_TASK REQUIREMENTS:_ Repeat, exactly as written, the lines of the records below from the first through the line with "use values::NoMemory;", but none past it.

Items from a data source:
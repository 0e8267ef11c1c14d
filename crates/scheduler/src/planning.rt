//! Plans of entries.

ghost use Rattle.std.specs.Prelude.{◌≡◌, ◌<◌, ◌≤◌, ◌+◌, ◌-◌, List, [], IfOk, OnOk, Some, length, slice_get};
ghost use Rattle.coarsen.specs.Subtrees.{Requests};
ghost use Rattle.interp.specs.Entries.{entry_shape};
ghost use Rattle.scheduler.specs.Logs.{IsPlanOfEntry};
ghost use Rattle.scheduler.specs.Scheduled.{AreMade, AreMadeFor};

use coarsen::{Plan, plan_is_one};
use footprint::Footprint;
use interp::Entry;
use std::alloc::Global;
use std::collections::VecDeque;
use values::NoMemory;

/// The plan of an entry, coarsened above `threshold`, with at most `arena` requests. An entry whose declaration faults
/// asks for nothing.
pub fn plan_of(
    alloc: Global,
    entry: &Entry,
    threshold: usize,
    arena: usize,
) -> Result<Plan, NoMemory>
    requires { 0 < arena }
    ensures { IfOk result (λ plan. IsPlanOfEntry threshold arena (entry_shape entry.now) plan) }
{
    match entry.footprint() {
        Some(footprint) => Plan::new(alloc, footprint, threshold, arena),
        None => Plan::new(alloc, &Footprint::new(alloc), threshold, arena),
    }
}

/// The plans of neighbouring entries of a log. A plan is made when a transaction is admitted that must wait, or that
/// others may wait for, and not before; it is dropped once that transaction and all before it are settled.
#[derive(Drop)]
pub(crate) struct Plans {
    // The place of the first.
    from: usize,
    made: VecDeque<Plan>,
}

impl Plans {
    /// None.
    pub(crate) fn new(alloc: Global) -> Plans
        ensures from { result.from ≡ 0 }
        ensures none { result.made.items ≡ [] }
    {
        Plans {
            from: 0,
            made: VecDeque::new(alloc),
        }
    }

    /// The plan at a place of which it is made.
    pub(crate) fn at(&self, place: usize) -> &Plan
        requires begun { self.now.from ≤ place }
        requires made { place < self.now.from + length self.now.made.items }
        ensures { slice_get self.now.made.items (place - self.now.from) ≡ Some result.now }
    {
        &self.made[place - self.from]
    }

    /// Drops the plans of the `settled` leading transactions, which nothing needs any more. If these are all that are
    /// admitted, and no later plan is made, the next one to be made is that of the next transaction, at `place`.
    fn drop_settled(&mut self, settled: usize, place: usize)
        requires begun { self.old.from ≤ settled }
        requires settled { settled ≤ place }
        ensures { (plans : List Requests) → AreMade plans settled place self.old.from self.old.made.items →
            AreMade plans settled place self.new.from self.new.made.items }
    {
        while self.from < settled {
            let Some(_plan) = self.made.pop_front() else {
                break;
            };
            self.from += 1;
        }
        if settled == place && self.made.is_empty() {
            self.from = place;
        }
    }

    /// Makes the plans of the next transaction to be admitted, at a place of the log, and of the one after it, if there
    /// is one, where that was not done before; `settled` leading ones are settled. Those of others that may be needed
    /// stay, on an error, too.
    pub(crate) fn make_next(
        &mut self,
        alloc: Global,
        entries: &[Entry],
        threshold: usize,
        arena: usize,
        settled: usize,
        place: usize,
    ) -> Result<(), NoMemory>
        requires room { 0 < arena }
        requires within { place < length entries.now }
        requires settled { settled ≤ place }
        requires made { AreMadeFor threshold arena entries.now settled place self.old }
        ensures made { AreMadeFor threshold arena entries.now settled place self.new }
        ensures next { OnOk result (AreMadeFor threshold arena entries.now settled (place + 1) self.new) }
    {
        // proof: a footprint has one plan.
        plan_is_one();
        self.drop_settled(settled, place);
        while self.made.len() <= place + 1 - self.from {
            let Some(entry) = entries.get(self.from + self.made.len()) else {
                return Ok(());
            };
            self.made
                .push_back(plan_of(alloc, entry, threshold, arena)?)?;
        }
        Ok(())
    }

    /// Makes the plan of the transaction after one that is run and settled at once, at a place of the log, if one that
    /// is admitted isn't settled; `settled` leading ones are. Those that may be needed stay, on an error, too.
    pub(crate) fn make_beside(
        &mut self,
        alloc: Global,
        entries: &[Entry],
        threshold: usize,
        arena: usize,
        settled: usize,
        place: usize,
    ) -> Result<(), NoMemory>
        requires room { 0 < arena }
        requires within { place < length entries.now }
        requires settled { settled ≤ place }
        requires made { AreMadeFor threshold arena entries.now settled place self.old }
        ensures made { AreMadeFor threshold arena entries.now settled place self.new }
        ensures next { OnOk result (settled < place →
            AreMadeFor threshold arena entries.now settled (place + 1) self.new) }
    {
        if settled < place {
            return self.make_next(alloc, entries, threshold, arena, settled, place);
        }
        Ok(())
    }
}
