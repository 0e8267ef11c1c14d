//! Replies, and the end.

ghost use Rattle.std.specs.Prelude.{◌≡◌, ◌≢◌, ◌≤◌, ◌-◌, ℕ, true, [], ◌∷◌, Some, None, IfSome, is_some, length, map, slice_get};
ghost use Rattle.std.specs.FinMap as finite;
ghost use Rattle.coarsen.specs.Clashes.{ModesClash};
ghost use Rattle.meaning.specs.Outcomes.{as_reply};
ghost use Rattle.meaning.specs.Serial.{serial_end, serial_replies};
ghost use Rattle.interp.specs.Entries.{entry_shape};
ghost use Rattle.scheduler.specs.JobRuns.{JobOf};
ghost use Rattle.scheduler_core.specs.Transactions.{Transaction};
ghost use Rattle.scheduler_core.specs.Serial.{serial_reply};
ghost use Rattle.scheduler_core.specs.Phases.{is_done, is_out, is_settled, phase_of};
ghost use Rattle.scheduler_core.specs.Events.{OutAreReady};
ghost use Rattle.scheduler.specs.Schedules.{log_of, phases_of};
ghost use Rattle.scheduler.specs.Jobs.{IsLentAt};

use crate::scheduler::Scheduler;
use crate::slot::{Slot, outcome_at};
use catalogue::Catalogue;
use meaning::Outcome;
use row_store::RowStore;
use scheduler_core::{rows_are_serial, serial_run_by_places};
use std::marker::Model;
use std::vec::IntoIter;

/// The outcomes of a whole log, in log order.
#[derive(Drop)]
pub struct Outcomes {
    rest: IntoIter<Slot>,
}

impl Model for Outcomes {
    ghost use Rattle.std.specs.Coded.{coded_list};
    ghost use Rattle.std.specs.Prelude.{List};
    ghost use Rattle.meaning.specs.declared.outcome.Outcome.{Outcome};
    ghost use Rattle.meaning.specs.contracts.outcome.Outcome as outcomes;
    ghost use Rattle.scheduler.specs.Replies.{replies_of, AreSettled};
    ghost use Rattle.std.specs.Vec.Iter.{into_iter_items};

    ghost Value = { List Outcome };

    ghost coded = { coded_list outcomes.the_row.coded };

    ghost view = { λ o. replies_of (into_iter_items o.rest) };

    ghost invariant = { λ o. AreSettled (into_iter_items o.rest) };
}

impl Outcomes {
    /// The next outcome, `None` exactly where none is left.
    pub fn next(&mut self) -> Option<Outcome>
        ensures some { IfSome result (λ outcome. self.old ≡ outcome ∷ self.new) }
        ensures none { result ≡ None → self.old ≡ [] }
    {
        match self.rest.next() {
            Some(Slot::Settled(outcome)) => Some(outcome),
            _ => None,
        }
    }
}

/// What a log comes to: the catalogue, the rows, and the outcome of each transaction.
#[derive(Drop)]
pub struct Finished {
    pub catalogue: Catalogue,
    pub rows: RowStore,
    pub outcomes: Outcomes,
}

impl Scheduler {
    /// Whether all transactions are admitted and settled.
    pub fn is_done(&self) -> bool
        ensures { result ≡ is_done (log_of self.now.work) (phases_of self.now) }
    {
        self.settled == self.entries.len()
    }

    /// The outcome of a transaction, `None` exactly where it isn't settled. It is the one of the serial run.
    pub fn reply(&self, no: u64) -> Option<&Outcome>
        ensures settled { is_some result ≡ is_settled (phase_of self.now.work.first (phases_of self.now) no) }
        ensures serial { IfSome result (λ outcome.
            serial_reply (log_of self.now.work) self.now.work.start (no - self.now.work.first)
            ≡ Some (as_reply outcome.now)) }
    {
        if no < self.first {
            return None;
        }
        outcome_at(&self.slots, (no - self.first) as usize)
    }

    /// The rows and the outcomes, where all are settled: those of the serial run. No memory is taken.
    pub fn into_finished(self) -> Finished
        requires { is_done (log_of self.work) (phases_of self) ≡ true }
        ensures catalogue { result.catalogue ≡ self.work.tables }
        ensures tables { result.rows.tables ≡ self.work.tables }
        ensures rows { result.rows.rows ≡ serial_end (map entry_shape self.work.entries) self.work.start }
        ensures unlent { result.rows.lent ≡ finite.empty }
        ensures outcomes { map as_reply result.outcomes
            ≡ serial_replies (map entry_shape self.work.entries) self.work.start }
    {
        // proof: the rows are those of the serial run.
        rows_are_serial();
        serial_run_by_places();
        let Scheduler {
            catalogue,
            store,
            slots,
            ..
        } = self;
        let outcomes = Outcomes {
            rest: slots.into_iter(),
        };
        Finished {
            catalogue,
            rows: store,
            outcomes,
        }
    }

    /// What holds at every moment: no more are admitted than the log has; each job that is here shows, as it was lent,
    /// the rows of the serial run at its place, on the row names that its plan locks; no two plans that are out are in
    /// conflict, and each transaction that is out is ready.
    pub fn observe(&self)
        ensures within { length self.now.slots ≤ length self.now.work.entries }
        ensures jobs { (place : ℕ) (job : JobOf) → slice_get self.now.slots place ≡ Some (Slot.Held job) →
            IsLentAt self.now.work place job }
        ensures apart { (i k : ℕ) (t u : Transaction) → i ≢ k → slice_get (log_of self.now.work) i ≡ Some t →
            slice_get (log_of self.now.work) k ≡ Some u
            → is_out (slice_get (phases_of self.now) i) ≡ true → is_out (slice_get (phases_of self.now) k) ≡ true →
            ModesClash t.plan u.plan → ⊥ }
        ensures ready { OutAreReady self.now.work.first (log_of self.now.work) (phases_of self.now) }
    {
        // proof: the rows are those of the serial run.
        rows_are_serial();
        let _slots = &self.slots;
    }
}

_SOLUTION TO THE PROBLEM:_
repository 0e8267ef11c1c14d
filename crates/scheduler/src/planning.rt
//! Plans of entries.

ghost use Rattle.std.specs.Prelude.{◌≡◌, ◌<◌, ◌≤◌, ◌+◌, ◌-◌, List, [], IfOk, OnOk, Some, length, slice_get};
ghost use Rattle.coarsen.specs.Subtrees.{Requests};
ghost use Rattle.interp.specs.Entries.{entry_shape};
ghost use Rattle.scheduler.specs.Logs.{IsPlanOfEntry};
ghost use Rattle.scheduler.specs.Scheduled.{AreMade, AreMadeFor};

use coarsen::{Plan, plan_is_one};
use footprint::Footprint;
use interp::Entry;
use std::alloc::Global;
use std::collections::VecDeque;
use values::NoMemory;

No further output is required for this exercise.